Saved data entries:
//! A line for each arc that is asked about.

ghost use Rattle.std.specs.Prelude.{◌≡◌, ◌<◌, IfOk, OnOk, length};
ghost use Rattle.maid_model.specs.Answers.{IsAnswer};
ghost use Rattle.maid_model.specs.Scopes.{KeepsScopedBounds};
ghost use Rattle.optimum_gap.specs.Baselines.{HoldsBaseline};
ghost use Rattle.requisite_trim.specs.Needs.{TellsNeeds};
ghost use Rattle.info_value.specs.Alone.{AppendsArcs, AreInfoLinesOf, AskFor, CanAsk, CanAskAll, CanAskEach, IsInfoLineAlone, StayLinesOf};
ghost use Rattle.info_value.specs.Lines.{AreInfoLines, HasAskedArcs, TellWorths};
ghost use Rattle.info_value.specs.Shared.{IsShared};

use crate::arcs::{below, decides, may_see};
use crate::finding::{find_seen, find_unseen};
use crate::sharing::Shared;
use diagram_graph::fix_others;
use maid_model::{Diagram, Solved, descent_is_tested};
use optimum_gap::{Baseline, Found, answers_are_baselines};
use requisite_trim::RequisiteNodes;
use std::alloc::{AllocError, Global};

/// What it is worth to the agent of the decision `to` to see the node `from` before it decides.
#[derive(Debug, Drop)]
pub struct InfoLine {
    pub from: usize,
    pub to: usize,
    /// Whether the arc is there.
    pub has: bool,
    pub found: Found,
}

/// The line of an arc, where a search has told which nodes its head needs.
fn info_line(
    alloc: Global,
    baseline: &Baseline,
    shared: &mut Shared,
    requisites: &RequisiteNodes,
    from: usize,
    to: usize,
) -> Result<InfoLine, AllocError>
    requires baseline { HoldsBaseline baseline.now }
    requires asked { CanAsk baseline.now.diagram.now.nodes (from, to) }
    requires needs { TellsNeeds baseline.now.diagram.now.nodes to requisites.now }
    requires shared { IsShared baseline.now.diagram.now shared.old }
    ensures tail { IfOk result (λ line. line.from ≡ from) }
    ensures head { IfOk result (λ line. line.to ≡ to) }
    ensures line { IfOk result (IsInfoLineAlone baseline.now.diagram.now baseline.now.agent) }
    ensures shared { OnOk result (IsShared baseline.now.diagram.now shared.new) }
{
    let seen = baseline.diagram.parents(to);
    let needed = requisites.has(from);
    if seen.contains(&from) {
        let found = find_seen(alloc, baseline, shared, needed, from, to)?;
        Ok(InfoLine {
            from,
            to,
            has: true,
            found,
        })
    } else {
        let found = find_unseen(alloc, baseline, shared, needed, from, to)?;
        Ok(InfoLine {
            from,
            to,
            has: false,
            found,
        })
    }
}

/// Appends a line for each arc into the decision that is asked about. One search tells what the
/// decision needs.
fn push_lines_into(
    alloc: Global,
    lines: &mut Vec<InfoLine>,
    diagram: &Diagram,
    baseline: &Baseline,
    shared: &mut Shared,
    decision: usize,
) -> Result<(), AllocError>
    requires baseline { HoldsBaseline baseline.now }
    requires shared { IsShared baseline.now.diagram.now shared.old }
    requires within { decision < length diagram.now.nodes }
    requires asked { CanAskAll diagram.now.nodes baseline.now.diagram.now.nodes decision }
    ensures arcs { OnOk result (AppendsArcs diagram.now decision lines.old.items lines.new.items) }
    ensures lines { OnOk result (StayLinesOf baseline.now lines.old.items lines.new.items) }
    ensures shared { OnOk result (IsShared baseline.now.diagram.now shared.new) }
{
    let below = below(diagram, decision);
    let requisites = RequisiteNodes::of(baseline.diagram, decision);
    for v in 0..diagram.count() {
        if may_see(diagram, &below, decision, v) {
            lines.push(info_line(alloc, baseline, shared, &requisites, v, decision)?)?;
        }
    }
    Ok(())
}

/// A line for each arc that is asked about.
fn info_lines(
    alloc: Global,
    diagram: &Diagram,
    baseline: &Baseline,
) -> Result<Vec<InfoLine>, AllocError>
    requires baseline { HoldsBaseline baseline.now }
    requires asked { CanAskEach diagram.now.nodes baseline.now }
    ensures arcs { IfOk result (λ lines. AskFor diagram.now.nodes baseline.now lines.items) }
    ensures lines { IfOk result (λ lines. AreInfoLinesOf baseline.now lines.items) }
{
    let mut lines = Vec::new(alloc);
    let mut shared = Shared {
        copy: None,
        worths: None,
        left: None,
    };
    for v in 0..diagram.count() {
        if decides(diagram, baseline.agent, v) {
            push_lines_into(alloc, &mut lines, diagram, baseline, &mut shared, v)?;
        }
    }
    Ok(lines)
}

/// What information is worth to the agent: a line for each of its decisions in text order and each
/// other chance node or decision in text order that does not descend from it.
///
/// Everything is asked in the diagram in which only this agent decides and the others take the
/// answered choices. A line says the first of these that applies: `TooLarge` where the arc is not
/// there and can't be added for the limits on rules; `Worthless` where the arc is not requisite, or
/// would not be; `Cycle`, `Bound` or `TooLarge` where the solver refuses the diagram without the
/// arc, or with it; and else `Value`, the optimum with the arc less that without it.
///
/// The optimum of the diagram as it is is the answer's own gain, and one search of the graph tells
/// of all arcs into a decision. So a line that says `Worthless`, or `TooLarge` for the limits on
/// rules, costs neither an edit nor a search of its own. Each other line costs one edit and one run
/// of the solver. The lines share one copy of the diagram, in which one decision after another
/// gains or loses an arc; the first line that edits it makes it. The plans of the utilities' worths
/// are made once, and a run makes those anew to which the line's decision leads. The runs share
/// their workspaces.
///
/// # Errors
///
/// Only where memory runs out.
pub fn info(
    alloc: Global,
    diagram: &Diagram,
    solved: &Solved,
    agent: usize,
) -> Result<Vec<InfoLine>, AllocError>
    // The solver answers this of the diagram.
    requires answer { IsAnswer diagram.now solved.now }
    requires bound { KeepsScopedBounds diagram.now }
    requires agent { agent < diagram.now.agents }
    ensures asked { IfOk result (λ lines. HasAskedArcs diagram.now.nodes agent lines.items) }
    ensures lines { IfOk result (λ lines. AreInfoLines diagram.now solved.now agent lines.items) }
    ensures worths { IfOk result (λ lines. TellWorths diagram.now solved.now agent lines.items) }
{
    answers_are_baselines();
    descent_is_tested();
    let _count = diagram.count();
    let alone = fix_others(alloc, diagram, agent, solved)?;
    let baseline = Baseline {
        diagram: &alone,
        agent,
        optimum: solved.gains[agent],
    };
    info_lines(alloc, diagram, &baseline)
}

Task statement: The records above need to be retyped in full, exactly as given.

Result of this exercise:
//! A line for each arc that is asked about.

ghost use Rattle.std.specs.Prelude.{◌≡◌, ◌<◌, IfOk, OnOk, length};
ghost use Rattle.maid_model.specs.Answers.{IsAnswer};
ghost use Rattle.maid_model.specs.Scopes.{KeepsScopedBounds};
ghost use Rattle.optimum_gap.specs.Baselines.{HoldsBaseline};
ghost use Rattle.requisite_trim.specs.Needs.{TellsNeeds};
ghost use Rattle.info_value.specs.Alone.{AppendsArcs, AreInfoLinesOf, AskFor, CanAsk, CanAskAll, CanAskEach, IsInfoLineAlone, StayLinesOf};
ghost use Rattle.info_value.specs.Lines.{AreInfoLines, HasAskedArcs, TellWorths};
ghost use Rattle.info_value.specs.Shared.{IsShared};

use crate::arcs::{below, decides, may_see};
use crate::finding::{find_seen, find_unseen};
use crate::sharing::Shared;
use diagram_graph::fix_others;
use maid_model::{Diagram, Solved, descent_is_tested};
use optimum_gap::{Baseline, Found, answers_are_baselines};
use requisite_trim::RequisiteNodes;
use std::alloc::{AllocError, Global};

/// What it is worth to the agent of the decision `to` to see the node `from` before it decides.
#[derive(Debug, Drop)]
pub struct InfoLine {
    pub from: usize,
    pub to: usize,
    /// Whether the arc is there.
    pub has: bool,
    pub found: Found,
}

/// The line of an arc, where a search has told which nodes its head needs.
fn info_line(
    alloc: Global,
    baseline: &Baseline,
    shared: &mut Shared,
    requisites: &RequisiteNodes,
    from: usize,
    to: usize,
) -> Result<InfoLine, AllocError>
    requires baseline { HoldsBaseline baseline.now }
    requires asked { CanAsk baseline.now.diagram.now.nodes (from, to) }
    requires needs { TellsNeeds baseline.now.diagram.now.nodes to requisites.now }
    requires shared { IsShared baseline.now.diagram.now shared.old }
    ensures tail { IfOk result (λ line. line.from ≡ from) }
    ensures head { IfOk result (λ line. line.to ≡ to) }
    ensures line { IfOk result (IsInfoLineAlone baseline.now.diagram.now baseline.now.agent) }
    ensures shared { OnOk result (IsShared baseline.now.diagram.now shared.new) }
{
    let seen = baseline.diagram.parents(to);
    let needed = requisites.has(from);
    if seen.contains(&from) {
        let found = find_seen(alloc, baseline, shared, needed, from, to)?;
        Ok(InfoLine {
            from,
            to,
            has: true,
            found,
        })
    } else {
        let found = find_unseen(alloc, baseline, shared, needed, from, to)?;
        Ok(InfoLine {
            from,
            to,
            has: false,
            found,
        })
    }
}

/// Appends a line for each arc into the decision that is asked about. One search tells what the
/// decision needs.
fn push_lines_into(
    alloc: Global,
    lines: &mut Vec<InfoLine>,
    diagram: &Diagram,
    baseline: &Baseline,
    shared: &mut Shared,
    decision: usize,
) -> Result<(), AllocError>
    requires baseline { HoldsBaseline baseline.now }
    requires shared { IsShared baseline.now.diagram.now shared.old }
    requires within { decision < length diagram.now.nodes }
    requires asked { CanAskAll diagram.now.nodes baseline.now.diagram.now.nodes decision }
    ensures arcs { OnOk result (AppendsArcs diagram.now decision lines.old.items lines.new.items) }
    ensures lines { OnOk result (StayLinesOf baseline.now lines.old.items lines.new.items) }
    ensures shared { OnOk result (IsShared baseline.now.diagram.now shared.new) }
{
    let below = below(diagram, decision);
    let requisites = RequisiteNodes::of(baseline.diagram, decision);
    for v in 0..diagram.count() {
        if may_see(diagram, &below, decision, v) {
            lines.push(info_line(alloc, baseline, shared, &requisites, v, decision)?)?;
        }
    }
    Ok(())
}

/// A line for each arc that is asked about.
fn info_lines(
    alloc: Global,
    diagram: &Diagram,
    baseline: &Baseline,
) -> Result<Vec<InfoLine>, AllocError>
    requires baseline { HoldsBaseline baseline.now }
    requires asked { CanAskEach diagram.now.nodes baseline.now }
    ensures arcs { IfOk result (λ lines. AskFor diagram.now.nodes baseline.now lines.items) }
    ensures lines { IfOk result (λ lines. AreInfoLinesOf baseline.now lines.items) }
{
    let mut lines = Vec::new(alloc);
    let mut shared = Shared {
        copy: None,
        worths: None,
        left: None,
    };
    for v in 0..diagram.count() {
        if decides(diagram, baseline.agent, v) {
            push_lines_into(alloc, &mut lines, diagram, baseline, &mut shared, v)?;
        }
    }
    Ok(lines)
}

/// What information is worth to the agent: a line for each of its decisions in text order and each
/// other chance node or decision in text order that does not descend from it.
///
/// Everything is asked in the diagram in which only this agent decides and the others take the
/// answered choices. A line says the first of these that applies: `TooLarge` where the arc is not
/// there and can't be added for the limits on rules; `Worthless` where the arc is not requisite, or
/// would not be; `Cycle`, `Bound` or `TooLarge` where the solver refuses the diagram without the
/// arc, or with it; and else `Value`, the optimum with the arc less that without it.
///
/// The optimum of the diagram as it is is the answer's own gain, and one search of the graph tells
/// of all arcs into a decision. So a line that says `Worthless`, or `TooLarge` for the limits on
/// rules, costs neither an edit nor a search of its own. Each other line costs one edit and one run
/// of the solver. The lines share one copy of the diagram, in which one decision after another
/// gains or loses an arc; the first line that edits it makes it. The plans of the utilities' worths
/// are made once, and a run makes those anew to which the line's decision leads. The runs share
/// their workspaces.
///
/// # Errors
///
/// Only where memory runs out.
pub fn info(
    alloc: Global,
    diagram: &Diagram,
    solved: &Solved,
    agent: usize,
) -> Result<Vec<InfoLine>, AllocError>
    // The solver answers this of the diagram.
    requires answer { IsAnswer diagram.now solved.now }
    requires bound { KeepsScopedBounds diagram.now }
    requires agent { agent < diagram.now.agents }
    ensures asked { IfOk result (λ lines. HasAskedArcs diagram.now.nodes agent lines.items) }
    ensures lines { IfOk result (λ lines. AreInfoLines diagram.now solved.now agent lines.items) }
    ensures worths { IfOk result (λ lines. TellWorths diagram.now solved.now agent lines.items) }
{
    answers_are_baselines();
    descent_is_tested();
    let _count = diagram.count();
    let alone = fix_others(alloc, diagram, agent, solved)?;
    let baseline = Baseline {
        diagram: &alone,
        agent,
        optimum: solved.gains[agent],
    };
    info_lines(alloc, diagram, &baseline)
}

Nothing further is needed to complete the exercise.